INFORMATION SHOWN: Begin

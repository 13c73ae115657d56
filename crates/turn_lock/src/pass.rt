//! A participant's handle on the lock.
ghost use Rattle.std.specs.Prelude.{◌≡◌, ◌<◌, All, length};

use crate::Kept;
use crate::view::Knows;
use atomic_table::Seat;

/// The right to use a [`Turn`](crate::Turn), for one thread at a time.
///
/// Contracts see which prefix of the history it has seen (`seen`), the positions from 0 of the items that it
/// added (`own`), and how many rights it has. With the rights of all passes together the lock is closed, so a
/// pass that is dropped keeps its lock from ever being closed.
#[derive(Drop)]
pub struct TurnPass<V: Kept> {
    pub(crate) seat: Seat<Option<V>, Knows<V::Item>>,
    pub(crate) rights: u32,
    // While it holds the value: how many items the value had when it came.
    pub(crate) count: u64,
    ghost rights_are: { rights ≡ seat.me.0.rights },
    ghost some: { 0 < rights },
    // Its own items are among those that it has seen.
    pub ghost inside: { All (λ p. p < length seat.me.0.seen) seat.me.0.own },
}

impl<V: Kept> TurnPass<V> {
    ghost use Rattle.turn_lock.specs.Pass.{rights_of};

    /// How many rights the pass has, at least one. Each split takes one of them.
    pub fn rights(&self) -> u32
        ensures { result ≡ rights_of self.now }
    {
        self.rights
    }
}
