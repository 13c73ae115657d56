//! Standing back from a lock for which others wait already.
use crate::rule::{SERVING, TICKET};
use crate::{Kept, Turn};
use std::sync::Wait;
use std::thread::Parker;
use std::time::Duration;

// How many tickets aren't served where a thread comes back later: one is held, and two others wait.
const CROWD: u64 = 3;

// How long a thread stands back, in microseconds, for each time in a row that it found a crowd.
const PAUSE: u64 = 50;

// How many of these times count.
const MOST_TIMES: u32 = 16;

// How often a thread stands back before it draws a ticket all the same.
const MOST_PAUSES: u32 = 100;

impl<V: Kept> Turn<V> {
    // Sleeps while others wait for their turn, the longer the more often it found them. Tickets are served in their order,
    // so a thread that has drawn one and has no processor keeps all later ones waiting: where threads outnumber
    // processors, a long line moves no faster than the system's scheduler.
    pub(crate) fn stand_back<R: Wait>(&self, rt: &R) {
        for time in 1..=MOST_PAUSES {
            if self.waiting() < CROWD {
                return;
            }
            let micros = PAUSE * u64::from(time.min(MOST_TIMES));
            Parker::new().park_timeout(rt, Duration::from_micros(micros));
        }
    }

    /// How many passes hold the value or wait for their turn, as far as two looks tell. It takes no turn, and nothing is
    /// promised of it: it is for whoever would rather come back later.
    pub fn waiting(&self) -> u64 {
        let serving = self.table.shared.peek(SERVING);
        self.table.shared.peek(TICKET).wrapping_sub(serving)
    }
}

INFORMATION SHOWN: End

§ **PROBLEM REQUIREMENTS**
Using the records above, find and show each line with the string "takes".

§ **ANSWER AREA**
    /// How many rights the pass has, at least one. Each split takes one of them.
    /// How many passes hold the value or wait for their turn, as far as two looks tell. It takes no turn, and nothing is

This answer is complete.